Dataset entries
- Opening Delimiter -

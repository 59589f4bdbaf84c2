// How tokens are read, what is reported, how a run ends.
use tex_defs::{Fatal, Meaning, Name};

/// How the next token is read. *TeX: The Program*, parts 24 to 26 (`get_token`, `get_x_token`, `get_next_nonblank_noncall`).
#[derive(Clone, Copy, PartialEq, Eq)]
pub enum Want {
    /// As it stands.
    Raw,
    /// As it stands; a name that is new isn't entered.
    Unentered,
    /// By expansion.
    Expanded,
    /// By expansion; the tokens of a token list behind `\the` come as they are.
    Copied,
    /// By expansion, with spaces skipped.
    Nonblank,
    /// By expansion, with spaces and `\relax` skipped.
    Command,
}

/// How a macro's list is read: the name that is defined, and whether the body is expanded.
#[derive(Clone, Copy)]
pub struct Manner {
    pub name: Name,
    pub expanded: bool,
}

/// What is being read where a file ends or the name of an `\outer` macro comes.
/// *TeX: The Program*, part 22 (`scanner_status`).
#[derive(Clone, Copy, PartialEq, Eq)]
pub enum Scanned {
    /// A macro's definition.
    Definition,
    /// A macro's arguments, where it is used.
    Use,
    /// A balanced text.
    Text,
}

/// The unit of measure that is taken in place of an illegal one.
#[derive(Clone, Copy, PartialEq, Eq)]
pub enum UnitTaken {
    /// "pt inserted".
    Pt,
    /// "mu inserted".
    Mu,
    /// "replaced by filll".
    Filll,
}

/// What is reported. *The TeXbook*, chapter 27; *TeX: The Program*, part 6 (`error`).
#[derive(Clone, Copy, PartialEq, Eq)]
pub enum Report {
    /// "Undefined control sequence".
    UndefinedName,
    /// "Text line contains an invalid character".
    InvalidCharacter,
    /// "Improper alphabetic constant".
    ImproperConstant,
    /// "Missing number, treated as zero".
    MissingNumber,
    /// "Number too big".
    NumberTooBig,
    /// "Bad character code (n)".
    BadCharacterCode(i32),
    /// "Bad register code (n)".
    BadRegisterCode(i32),
    /// "Bad mathchar (n)".
    BadMathchar(i32),
    /// "You can't use `X' after \the": what the token means, and the number of the primitive that can't use it.
    CantUseAfter(Meaning<()>, u16),
    /// "Dimension too large".
    DimensionTooLarge,
    /// "Illegal unit of measure (pt inserted)" and its like.
    IllegalUnit(UnitTaken),
    /// "Incompatible magnification (n); the previous value will be retained (m)": the value of `\mag`, and the earlier one.
    IncompatibleMagnification(i32, u16),
    /// "Illegal magnification has been changed to 1000 (n)": the value of `\mag`.
    IllegalMagnification(i32),
    /// "Arithmetic overflow": a sum, a product or a quotient that is out of bounds.
    ArithmeticOverflow,
    /// "Incompatible glue units": what is in mu where something in points is read, or the other way round.
    IncompatibleUnits,
    /// "Invalid code (n), should be in the range 0..m": the code, and the greatest of its range.
    InvalidCode(i32, u32),
    /// "Invalid code (n), should be at most m": the code, and the greatest that may be.
    CodeTooGreat(i32, u32),
    /// "Missing { inserted".
    MissingBrace,
    /// The file ended while this was read, of a macro or of a command.
    FileEnded(Scanned, Name),
    /// The name of an `\outer` macro came while this was read, of a macro or of a command.
    Forbidden(Scanned, Name),
    /// "Missing control sequence inserted": the name to be assigned is missing.
    MissingName,
    /// In a parameter text, another number than the next one: "Parameters must be numbered consecutively".
    NotConsecutive,
    /// In a parameter text, a tenth place: "You already have nine parameters".
    AlreadyNine,
    /// In the body of this macro, a parameter character with no number of a place behind it: "Illegal parameter number in
    /// definition of \a".
    IllegalNumber(Name),
    /// In the call of this macro, other tokens than its parameter text has: "Use of \a doesn't match its definition".
    UseMismatch(Name),
    /// In the call of this macro, a brace that closes nothing: "Argument of \a has an extra }".
    ExtraBrace(Name),
    /// In the call of this macro, the end of a paragraph: "Paragraph ended before \a was complete".
    ParagraphEnded(Name),
    /// A prefix before a command of this meaning, which is no assignment: "You can't use a prefix with `X'".
    PrefixWith(Meaning<()>),
    /// `\long` or `\outer` before a command of this meaning, which is no definition.
    LongOrOuterWith(Meaning<()>),
    /// "Missing \endcsname inserted": another name ends the characters of `\csname`.
    MissingEndcsname,
    /// "Extra \endcsname": there is no `\csname` that it could end.
    ExtraEndcsname,
    /// "Too many }'s": no group is open.
    TooManyBraces,
    /// "Extra }, or forgotten \endgroup": the innermost group was opened by `\begingroup`.
    ForgottenEndgroup,
    /// "Extra \endgroup": no group is open.
    ExtraEndgroup,
    /// "Missing } inserted": `\endgroup` where the innermost group was opened by a brace.
    MissingRightBrace,
    /// "Missing = inserted for \ifnum": the number of the conditional, which has no relation behind its first value.
    MissingRelation(u16),
    /// "Extra \else" and its like: the number of a `\fi`, an `\else` or an `\or` that the innermost open conditional doesn't allow, or with none open.
    ExtraFiOrElse(u16),
    /// "Incomplete \ifx; all text was ignored after line n": the number of the innermost open conditional, and the line on which skipping began.
    IncompleteConditional(u16, u64),
}

/// How a run has ended.
#[derive(Clone, Copy, PartialEq, Eq)]
pub enum Outcome {
    /// At `\end`.
    Finished,
    /// At something fatal.
    AtFatal(Fatal),
}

- Closing Delimiter -

Work request
Give every entry back unchanged. Leave none out.

Solution for this problem
repository 59589f4bdbaf84c2
// How tokens are read, what is reported, how a run ends.
use tex_defs::{Fatal, Meaning, Name};

/// How the next token is read. *TeX: The Program*, parts 24 to 26 (`get_token`, `get_x_token`, `get_next_nonblank_noncall`).
#[derive(Clone, Copy, PartialEq, Eq)]
pub enum Want {
    /// As it stands.
    Raw,
    /// As it stands; a name that is new isn't entered.
    Unentered,
    /// By expansion.
    Expanded,
    /// By expansion; the tokens of a token list behind `\the` come as they are.
    Copied,
    /// By expansion, with spaces skipped.
    Nonblank,
    /// By expansion, with spaces and `\relax` skipped.
    Command,
}

/// How a macro's list is read: the name that is defined, and whether the body is expanded.
#[derive(Clone, Copy)]
pub struct Manner {
    pub name: Name,
    pub expanded: bool,
}

/// What is being read where a file ends or the name of an `\outer` macro comes.
/// *TeX: The Program*, part 22 (`scanner_status`).
#[derive(Clone, Copy, PartialEq, Eq)]
pub enum Scanned {
    /// A macro's definition.
    Definition,
    /// A macro's arguments, where it is used.
    Use,
    /// A balanced text.
    Text,
}

/// The unit of measure that is taken in place of an illegal one.
#[derive(Clone, Copy, PartialEq, Eq)]
pub enum UnitTaken {
    /// "pt inserted".
    Pt,
    /// "mu inserted".
    Mu,
    /// "replaced by filll".
    Filll,
}

/// What is reported. *The TeXbook*, chapter 27; *TeX: The Program*, part 6 (`error`).
#[derive(Clone, Copy, PartialEq, Eq)]
pub enum Report {
    /// "Undefined control sequence".
    UndefinedName,
    /// "Text line contains an invalid character".
    InvalidCharacter,
    /// "Improper alphabetic constant".
    ImproperConstant,
    /// "Missing number, treated as zero".
    MissingNumber,
    /// "Number too big".
    NumberTooBig,
    /// "Bad character code (n)".
    BadCharacterCode(i32),
    /// "Bad register code (n)".
    BadRegisterCode(i32),
    /// "Bad mathchar (n)".
    BadMathchar(i32),
    /// "You can't use `X' after \the": what the token means, and the number of the primitive that can't use it.
    CantUseAfter(Meaning<()>, u16),
    /// "Dimension too large".
    DimensionTooLarge,
    /// "Illegal unit of measure (pt inserted)" and its like.
    IllegalUnit(UnitTaken),
    /// "Incompatible magnification (n); the previous value will be retained (m)": the value of `\mag`, and the earlier one.
    IncompatibleMagnification(i32, u16),
    /// "Illegal magnification has been changed to 1000 (n)": the value of `\mag`.
    IllegalMagnification(i32),
    /// "Arithmetic overflow": a sum, a product or a quotient that is out of bounds.
    ArithmeticOverflow,
    /// "Incompatible glue units": what is in mu where something in points is read, or the other way round.
    IncompatibleUnits,
    /// "Invalid code (n), should be in the range 0..m": the code, and the greatest of its range.
    InvalidCode(i32, u32),
    /// "Invalid code (n), should be at most m": the code, and the greatest that may be.
    CodeTooGreat(i32, u32),
    /// "Missing { inserted".
    MissingBrace,
    /// The file ended while this was read, of a macro or of a command.
    FileEnded(Scanned, Name),
    /// The name of an `\outer` macro came while this was read, of a macro or of a command.
    Forbidden(Scanned, Name),
    /// "Missing control sequence inserted": the name to be assigned is missing.
    MissingName,
    /// In a parameter text, another number than the next one: "Parameters must be numbered consecutively".
    NotConsecutive,
    /// In a parameter text, a tenth place: "You already have nine parameters".
    AlreadyNine,
    /// In the body of this macro, a parameter character with no number of a place behind it: "Illegal parameter number in
    /// definition of \a".
    IllegalNumber(Name),
    /// In the call of this macro, other tokens than its parameter text has: "Use of \a doesn't match its definition".
    UseMismatch(Name),
    /// In the call of this macro, a brace that closes nothing: "Argument of \a has an extra }".
    ExtraBrace(Name),
    /// In the call of this macro, the end of a paragraph: "Paragraph ended before \a was complete".
    ParagraphEnded(Name),
    /// A prefix before a command of this meaning, which is no assignment: "You can't use a prefix with `X'".
    PrefixWith(Meaning<()>),
    /// `\long` or `\outer` before a command of this meaning, which is no definition.
    LongOrOuterWith(Meaning<()>),
    /// "Missing \endcsname inserted": another name ends the characters of `\csname`.
    MissingEndcsname,
    /// "Extra \endcsname": there is no `\csname` that it could end.
    ExtraEndcsname,
    /// "Too many }'s": no group is open.
    TooManyBraces,
    /// "Extra }, or forgotten \endgroup": the innermost group was opened by `\begingroup`.
    ForgottenEndgroup,
    /// "Extra \endgroup": no group is open.
    ExtraEndgroup,
    /// "Missing } inserted": `\endgroup` where the innermost group was opened by a brace.
    MissingRightBrace,
    /// "Missing = inserted for \ifnum": the number of the conditional, which has no relation behind its first value.
    MissingRelation(u16),
    /// "Extra \else" and its like: the number of a `\fi`, an `\else` or an `\or` that the innermost open conditional doesn't allow, or with none open.
    ExtraFiOrElse(u16),
    /// "Incomplete \ifx; all text was ignored after line n": the number of the innermost open conditional, and the line on which skipping began.
    IncompleteConditional(u16, u64),
}

/// How a run has ended.
#[derive(Clone, Copy, PartialEq, Eq)]
pub enum Outcome {
    /// At `\end`.
    Finished,
    /// At something fatal.
    AtFatal(Fatal),
}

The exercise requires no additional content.